Start of EXTRACTED INFORMATION

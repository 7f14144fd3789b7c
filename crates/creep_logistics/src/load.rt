// What a creep drops of its load.
ghost use Rattle.std.specs.Prelude.{◌≡◌, List};
ghost use Rattle.room_terrain.specs.declared.terrain.Ground.{Ground};
ghost use Rattle.world_rules.specs.RoomParts.{table_part};
ghost use Rattle.world_rules.specs.Drops.{dropped};
ghost use Rattle.room_rules.specs.Calls.{IsReady, Keeps, KeepsTallies};

use crate::amounts::wanted;
use action_checks::takes_effect;
use falling_energy::fall;
use game_tables::Action;
use intent_book::Intent;
use object_store::{Object, RoomTable};

/// Rules an entry to drop: where it takes effect, the wanted amount of what the creep carries, or all
/// where it is 0, falls on its tile. Else nothing is done.
///
/// Where no pile is there, one is made under the room's next serial.
pub fn drop_load(room: &mut RoomTable, intent: &Intent)
    requires ready { IsReady room.old }
    ensures rule { (grounds : List Ground)
        → table_part grounds room.new ≡ dropped intent.now (table_part grounds room.old) }
    ensures tallies { KeepsTallies room.old room.new }
    ensures keeps { Keeps room.old room.new }
{
    let Some(creep) = room.get(intent.actor).copied() else {
        return;
    };
    if !takes_effect(Action::DropLoad, room, intent) {
        return;
    }
    let (x, y) = (creep.x, creep.y);
    let amount = wanted(intent.amount, creep.energy);
    room.set(Object {
        energy: creep.energy - amount,
        ..creep
    });
    fall(room, x, y, amount);
}
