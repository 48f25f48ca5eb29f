//! A use of `nm_check`: a record that was made by hand is judged, and then one that differs by the
//! answer of a command.

mod judging;
mod records;

use judging::is_lawful;
use nm_report::report;
use nm_script::read;
use nm_types::{Answer, Script};
use records::one_answer;
use std::test::Fail;

// The report of the record, which says that the request is null.
fn show_report(rt: &HostRuntime) -> Result<(), Fail> {
    let null = one_answer(rt.alloc(), Answer::Null)?;
    let text = String::from_utf8(report(rt.alloc(), &null)?)?;
    print!(rt; "{text}")?;
    Ok(())
}

// Whether the record with this answer is of a run of the script.
fn show_verdict(rt: &HostRuntime, script: &Script, word: &str, answer: Answer) -> Result<(), Fail> {
    let record = one_answer(rt.alloc(), answer)?;
    println!(rt; "{word}: {:?}", is_lawful(rt.alloc(), script, &record)?)?;
    Ok(())
}

pub fn show(rt: &HostRuntime) -> Result<(), Fail> {
    let script = read(rt.alloc(), b"ranks 1\n0: wait 9\n")?;
    show_report(rt)?;
    show_verdict(rt, &script, "null", Answer::Null)?;
    show_verdict(rt, &script, "sent", Answer::Sent)
}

End of EXTRACTED INFORMATION

All lines in the data above from the one with "differs by the" through the one with "let record = one_answer(rt.alloc(), answer)?;" must be repeated exactly, and no others.

## TASK RESULT
//! A use of `nm_check`: a record that was made by hand is judged, and then one that differs by the
//! answer of a command.

mod judging;
mod records;

use judging::is_lawful;
use nm_report::report;
use nm_script::read;
use nm_types::{Answer, Script};
use records::one_answer;
use std::test::Fail;

// The report of the record, which says that the request is null.
fn show_report(rt: &HostRuntime) -> Result<(), Fail> {
    let null = one_answer(rt.alloc(), Answer::Null)?;
    let text = String::from_utf8(report(rt.alloc(), &null)?)?;
    print!(rt; "{text}")?;
    Ok(())
}

// Whether the record with this answer is of a run of the script.
fn show_verdict(rt: &HostRuntime, script: &Script, word: &str, answer: Answer) -> Result<(), Fail> {
    let record = one_answer(rt.alloc(), answer)?;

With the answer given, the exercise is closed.